وَالسَّارِقُ وَالسَّارِقَةُ فَاقْطَعُوا أَيْدِيَهُمَا جَزَاءً بِمَا كَسَبَا نَكَالًا مِنَ اللَّهِ ۗ وَاللَّهُ عَزِيزٌ حَكِيمٌ “Adapun orang laki-laki maupun perempuan yang mencuri, potonglah tangan keduanya (sebagai) balasan atas perbuatan yang mereka lakukan dan sebagai siksaan dari Allah. Dan Allah Mahaperkasa, Mahabijaksana. (QS Al Maidah: 38)
Abdurrahman bin Muada al-Bakri, seorang profesor studi Alquran dari Arab Saudi, menjelaskan di saluran YouTube resmi Tafseer Center, makna "nakalan" adalah hukuman jera yang menghalangi tindankan pengulangan penyerang dan menghalangi orang lain.

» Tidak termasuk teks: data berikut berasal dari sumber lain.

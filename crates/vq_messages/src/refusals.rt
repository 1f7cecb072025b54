//! The texts that refuse an input.
//!
//! Source: this project's own.
ghost use Rattle.std.specs.Prelude.{◌≡◌, IfOk};
ghost use Rattle.vq_model.specs.Refusals.{at_line, at_lines, line_refusal};
ghost use Rattle.vq_messages.specs.Refused.{RefusesOrder, RefusesPlan, no_trace, trace_refusal};

use std::alloc::{AllocError, Global};
use vq_model::plan::{OrderFault, PlanFault};
use vq_model::statement::FaultKind;

/// The text that refuses a faulty line. The error is want of memory.
pub fn line_refusal(alloc: Global, line: u32, kind: FaultKind) -> Result<Vec<u8>, AllocError>
    ensures { IfOk result (λ text. text.items ≡ line_refusal line kind) }
{
    let text = format!(in alloc; "error: {kind}: line {line}\n")?;
    Ok(text.into_bytes())
}

/// The text that refuses a script without a plan. The error is want of memory, here or in the fault.
pub fn plan_refusal(alloc: Global, fault: PlanFault) -> Result<Vec<u8>, AllocError>
    ensures { IfOk result (λ text. RefusesPlan fault text.items) }
{
    let text = match fault {
        PlanFault::NoSignal { line } => format!(in alloc; "error: no signal: line {line}\n")?,
        PlanFault::SignaledTwice { line } => {
            format!(in alloc; "error: signaled twice: line {line}\n")?
        }
        PlanFault::FenceUsed { line } => format!(in alloc; "error: fence used: line {line}\n")?,
        PlanFault::Memory => return Err(AllocError),
    };
    Ok(text.into_bytes())
}

/// The text that refuses a plan for a fault at one line.
fn at_line(alloc: Global, fault: &str, line: u32) -> Result<Vec<u8>, AllocError>
    ensures { IfOk result (λ text. text.items ≡ at_line fault.now line) }
{
    let text = format!(in alloc; "error: {fault}: line {line}\n")?;
    Ok(text.into_bytes())
}

/// The text that refuses a plan for a fault at two lines.
fn at_lines(alloc: Global, fault: &str, first: u32, second: u32) -> Result<Vec<u8>, AllocError>
    ensures { IfOk result (λ text. text.items ≡ at_lines fault.now first second) }
{
    let text = format!(in alloc; "error: {fault}: lines {first} and {second}\n")?;
    Ok(text.into_bytes())
}

/// The text that refuses a plan that isn't lawful. The error is want of memory, here or in the fault.
pub fn order_refusal(alloc: Global, fault: OrderFault) -> Result<Vec<u8>, AllocError>
    ensures { IfOk result (λ text. RefusesOrder fault text.items) }
{
    match fault {
        OrderFault::Unreachable { line } => at_line(alloc, "unreachable", line),
        OrderFault::Unordered { first, second } => at_lines(alloc, "unordered", first, second),
        OrderFault::FenceBusy { line } => at_line(alloc, "fence busy", line),
        OrderFault::NotPending { line } => at_line(alloc, "not pending", line),
        OrderFault::Race { first, second } => at_lines(alloc, "race", first, second),
        OrderFault::Memory => Err(AllocError),
    }
}

/// The text that refuses an input without a trace. The error is want of memory.
pub fn no_trace_refusal(alloc: Global) -> Result<Vec<u8>, AllocError>
    ensures { IfOk result (λ text. text.items ≡ no_trace) }
{
    Vec::from_slice(alloc, b"error: no trace\n")
}

/// The text that refuses a trace with a faulty line. The error is want of memory.
pub fn trace_refusal(alloc: Global, line: u32) -> Result<Vec<u8>, AllocError>
    ensures { IfOk result (λ text. text.items ≡ trace_refusal line) }
{
    at_line(alloc, "trace", line)
}
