//! The lines that say why an input is refused, and what mends each fault.
#![tactic(auto)]

mod limit;
mod mends;
mod refusals;

pub use limit::INPUT_LIMIT;
pub use mends::{mend_of_line, mend_of_order, mend_of_plan, mend_of_size};
pub use refusals::{line_refusal, no_trace_refusal, order_refusal, plan_refusal, trace_refusal};
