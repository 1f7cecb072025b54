//! How long an input may be.
//!
//! Source: this project's rule.

/// The most bytes of an input.
pub const INPUT_LIMIT: usize = 4_194_304;
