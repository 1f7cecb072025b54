//! The runs of several host threads are those of the plan that their text is compiled to, as a law over the
//! definitions.
#![tactic(auto)]

pub mod laws;
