//! What mends a fault, in a sentence.
//!
//! Source: this project's own.
ghost use Rattle.std.specs.Prelude.{◌≡◌};
ghost use Rattle.vq_messages.specs.Mends.{mend_of_line, mend_of_order, mend_of_plan, mend_of_size};

use vq_model::plan::{OrderFault, PlanFault};
use vq_model::statement::FaultKind;

/// What mends an input above the limit.
pub fn mend_of_size() -> &'static str
    ensures { result.now ≡ mend_of_size }
{
    "shorten comments and blanks, or cut the script in two\n"
}

/// What mends a faulty line.
pub fn mend_of_line(kind: FaultKind) -> &'static str
    ensures { result.now ≡ mend_of_line kind }
{
    match kind {
        FaultKind::Syntax => "compare the line with the forms of lines\n",
        FaultKind::Order => "move the line up\n",
        FaultKind::Number => "write a decimal number, or 0x and hexadecimal digits\n",
        FaultKind::Name => "declare the name above, or correct it\n",
        FaultKind::Twice => "choose another name\n",
        FaultKind::Range => "count the bytes of the buffer and of the command\n",
        FaultKind::Overlap => "copy through another buffer\n",
        FaultKind::Limit => "keep to the limits, or cut the script in two\n",
    }
}

/// What mends a script without a plan; nothing for want of memory.
pub fn mend_of_plan(fault: PlanFault) -> &'static str
    ensures { result.now ≡ mend_of_plan fault }
{
    match fault {
        PlanFault::NoSignal { .. } => "submit the batch that signals it first, or use a timeline\n",
        PlanFault::SignaledTwice { .. } => {
            "let a batch wait for it in between, or use two semaphores\n"
        }
        PlanFault::FenceUsed { .. } => "wait for the fence and reset it before the second batch\n",
        PlanFault::Memory => "",
    }
}

/// What mends a plan that isn't lawful; nothing for want of memory.
pub fn mend_of_order(fault: OrderFault) -> &'static str
    ensures { result.now ≡ mend_of_order fault }
{
    match fault {
        OrderFault::Unreachable { .. } => {
            "let another queue or the host signal that value, wait for less, or break the ring of waits\n"
        }
        OrderFault::Unordered { .. } => {
            "let the batch of the greater value wait for the smaller one\n"
        }
        OrderFault::FenceBusy { .. } => "let the host wait for the fence before it resets it\n",
        OrderFault::NotPending { .. } => {
            "let the host wait for the signal before the batch, or make the queue deferred or threaded\n"
        }
        OrderFault::Race { .. } => {
            "let the first batch signal a timeline, and the second one wait for that value\n"
        }
        OrderFault::Memory => "",
    }
}
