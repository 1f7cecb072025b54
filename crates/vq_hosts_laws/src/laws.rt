//! Laws over texts with thread blocks. The functions do nothing: their contracts are the laws.
ghost use Rattle.std.specs.Prelude.{ℕ, List, ◌↔◌};
ghost use Rattle.vq_model.specs.declared.script.Script.{Script};
ghost use Rattle.vq_model.specs.Lowering.{plan_of};
ghost use Rattle.vq_model.specs.Machine.{Step, Run};
ghost use Rattle.vq_model.specs.SameScript.{SameButLines};
ghost use Rattle.vq_blocks.specs.Blocks.{Told};
ghost use Rattle.vq_blocks.specs.BlockReading.{Tells};
ghost use Rattle.vq_blocks.specs.Compiled.{script_by_input};
ghost use Rattle.vq_blocks.specs.HostsMachine.{HostsStep, HostsRun};
ghost use Rattle.vq_blocks.specs.HostsRuns.{ComesFrom};

/// Scripts that are the same but for the numbers of their lines have plans with the same runs.
pub fn runs_ignore_lines()
    ensures { (a b : Script) → (steps : List Step) → SameButLines a b → Run (plan_of a) steps ↔ Run (plan_of b) steps }
{}

/// A text with blocks has the runs of its compiled plan: a list of steps among several hosts is a run of the machine
/// with several host threads exactly where it comes from a run of the plan of the script that the text is compiled to.
pub fn hosts_runs_are_those_of_the_compiled_plan()
    ensures { (text : List ℕ) → (told : Told) → (script : Script) → (steps : List HostsStep) → Tells text told →
        SameButLines script (script_by_input told) →
        HostsRun told steps ↔ ComesFrom (plan_of script) told.threads steps }
{}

Al Bakri menambahkan, hukuman itulah yang membuat pelaku jera, dan siapapun yang menghendaki atau membujuk dirinya untuk melakukan perbuatan tersebut akan terhindar dari hukuman jika melihat hukuman tersebut, dan jika seseorang mencuri tangannya akan dipotong.

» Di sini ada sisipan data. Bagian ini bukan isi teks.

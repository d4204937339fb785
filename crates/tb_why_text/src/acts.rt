//! The names of atoms.

use tb_body::Act;
use tb_syntax::AtomWord;

/// Returns the name of an atom as scripts write it. For an assignment, this is `:=`.
pub(crate) fn act_name(act: &Act) -> &'static [u8] {
    match word_of(act) {
        Some(word) => word.text().as_bytes(),
        None => match act {
            Act::Create { .. } => b"create",
            _ => b":=",
        },
    }
}

/// Returns the word of an atom that is written as a word with arguments. `create` and assignments have none.
fn word_of(act: &Act) -> Option<AtomWord> {
    match act {
        Act::Delta => Some(AtomWord::Delta),
        Act::Tau => Some(AtomWord::Tau),
        Act::SndMsg(_) => Some(AtomWord::SndMsg),
        Act::RecMsg(_) => Some(AtomWord::RecMsg),
        Act::SndNote(_) => Some(AtomWord::SndNote),
        Act::RecNote(_) => Some(AtomWord::RecNote),
        Act::NoNote(_) => Some(AtomWord::NoNote),
        Act::Subscribe(_) => Some(AtomWord::Subscribe),
        Act::Unsubscribe(_) => Some(AtomWord::Unsubscribe),
        Act::Printf(_) => Some(AtomWord::Printf),
        Act::Execute { .. } => Some(AtomWord::Execute),
        Act::RecConnect { .. } => Some(AtomWord::RecConnect),
        Act::RecDisconnectAny { .. } | Act::RecDisconnect(_) => Some(AtomWord::RecDisconnect),
        Act::SndEval(_, _) => Some(AtomWord::SndEval),
        Act::RecValue(_, _) => Some(AtomWord::RecValue),
        Act::SndDo(_, _) => Some(AtomWord::SndDo),
        Act::RecEvent(_, _) => Some(AtomWord::RecEvent),
        Act::SndAckEvent(_, _) => Some(AtomWord::SndAckEvent),
        Act::SndTerminate(_, _) => Some(AtomWord::SndTerminate),
        Act::Shutdown(_) => Some(AtomWord::Shutdown),
        Act::Create { .. } | Act::Set { .. } => None,
    }
}
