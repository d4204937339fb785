//! The sentence about an atom whose times don't hold: for how long it still waits.

use crate::waits::Seen;
use std::alloc::Global;
use tb_body::{Atom, Time, TimeKind};
use tb_func::{Store, eval};
use tb_log_plain::{put, put_count};
use tb_terms::{Expr, Items, NoMemory, Term};
use tb_why::Offering;

/// The ticks at which the times of an atom hold: the first and the last of them, counted from now. A negative number is a tick that has
/// passed.
#[derive(Clone, Copy)]
struct Window {
    opens: i64,
    closes: i64,
    /// Whether each time has a value without the values of variables.
    known: bool,
}

/// Appends the sentence about an atom whose times don't hold.
pub(crate) fn put_times(
    alloc: Global,
    seen: &Seen,
    atom: &Atom,
    offer: &Offering,
    into: &mut Vec<u8>,
) -> Result<(), NoMemory> {
    let window = window_of(alloc, atom, offer.age, seen.now)?;
    if window.closes < from_now(0, offer.age) {
        put_over(window.closes.unsigned_abs(), into)?;
        return put(b", before it was offered", into);
    }
    if window.opens > window.closes {
        return put(
            b"its times never hold: no tick is after its delay and within its time-out",
            into,
        );
    }
    if window.closes < 0 {
        return put_over(window.closes.unsigned_abs(), into);
    }
    if window.opens <= 0 {
        return put(b"its times don't hold", into);
    }
    put_more(window, into)?;
    if seen.no_ticks {
        put(b", and no more ticks come", into)?;
    }
    Ok(())
}

fn put_over(ticks: u64, into: &mut Vec<u8>) -> Result<(), NoMemory> {
    put(b"its time ended ", into)?;
    put_count(ticks, b"tick", into)?;
    put(b" ago", into)
}

/// Appends the number of ticks until the window opens. If a time isn't known, writes `at least` before it.
fn put_more(window: Window, into: &mut Vec<u8>) -> Result<(), NoMemory> {
    if !window.known {
        put(b"at least ", into)?;
    }
    put_count(window.opens.unsigned_abs(), b"more tick", into)
}

/// Returns the window in which the times of an atom hold. The atom has been offered for `age` ticks, on a bus that has seen `now` ticks.
fn window_of(alloc: Global, atom: &Atom, age: u64, now: u64) -> Result<Window, NoMemory> {
    let mut window = Window {
        opens: from_now(0, age),
        closes: i64::MAX,
        known: true,
    };
    for time in atom.times.as_slice() {
        window = narrowed(alloc, window, time, age, now)?;
    }
    Ok(window)
}

/// Returns the part of the window in which this time holds, too. If the time has no known value, the bounds remain, and `known` becomes
/// false.
fn narrowed(
    alloc: Global,
    window: Window,
    time: &Time,
    age: u64,
    now: u64,
) -> Result<Window, NoMemory> {
    let Some(wanted) = number_of(alloc, &time.value)? else {
        return Ok(Window {
            known: false,
            ..window
        });
    };
    Ok(match time.kind {
        TimeKind::Delay => opened(window, from_now(wanted, age)),
        TimeKind::AbsDelay => opened(window, from_now(wanted, now)),
        TimeKind::Timeout => closed(window, from_now(wanted, age)),
        TimeKind::AbsTimeout => closed(window, from_now(wanted, now)),
    })
}

fn opened(window: Window, tick: i64) -> Window {
    Window {
        opens: window.opens.max(tick),
        ..window
    }
}

fn closed(window: Window, tick: i64) -> Window {
    Window {
        closes: window.closes.min(tick),
        ..window
    }
}

/// Returns the tick, counted from now, at which a count reaches `wanted`. The count is `passed` now.
fn from_now(wanted: i64, passed: u64) -> i64 {
    wanted.saturating_sub_unsigned(passed)
}

/// Returns the number to which an expression without variables evaluates, if it has one.
fn number_of(alloc: Global, expr: &Expr) -> Result<Option<i64>, NoMemory> {
    let store = Store::fresh(alloc, &Items::new(alloc))?;
    match eval(alloc, expr, &store)? {
        Some(Term::Int(number)) => Ok(Some(number)),
        _ => Ok(None),
    }
}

Al Bakri mengatakan, Allah SWT menyebut hukuman ini ganjaran atas apa yang mereka lakukan, dan itu juga mencegah pencuri melakukan tindakan ini lagi dan sebagai pencegah orang lain. Jangan sampai dia terjerumus ke dalam pencuri ini.
Al Bakri menambahkan bahwa Allah menyebutkan "nakalan" di beberapa tempat lain, termasuk perkataannya, “Kami memiliki siksaan dan neraka.” Dan rantai adalah rantai yang dengannya mereka terikat.
Ibnu Katsir dalam penafsirannya menunjukkan bahwa pemotongan tangan telah berlangsung sejak masa jahiliyah. Setelah Islam datang hukuman ini disempurnakan dengan syarat-syarat lain, seperti sumpah, diyat, dan pinjaman, dan hal-hal lain yang sesuai dengan syariat.
Ibnu Katsir menjelaskan orang yang pertama mendapat hukuman potongan tangan di masa jahiliyah adalah Duwaik, dari Bani Malih bin Amr dari Khuza'a yang telah mencuri harta karun Ka’bah.
Dar Al Iftaa menjelaskan kondisi batas pencurian dalam fatwa sebelumnya yang memiliki syarat yang harus dipenuhi oleh orang yang melakukan tindak pidana pencurian agar berhak menerapkan hukuman hadd, dan syarat tersebut terwakili dalam lima hal, harta yang dicuri berharga, berniat untuk melakukan pencurian, tidak terpaksa melakukan pencurian, tidak memiliki hubungan kekerabatan dengan orang yang dicuri, dan tidak ada kecurigaan bahwa harta tersebut ada hak si pencuri.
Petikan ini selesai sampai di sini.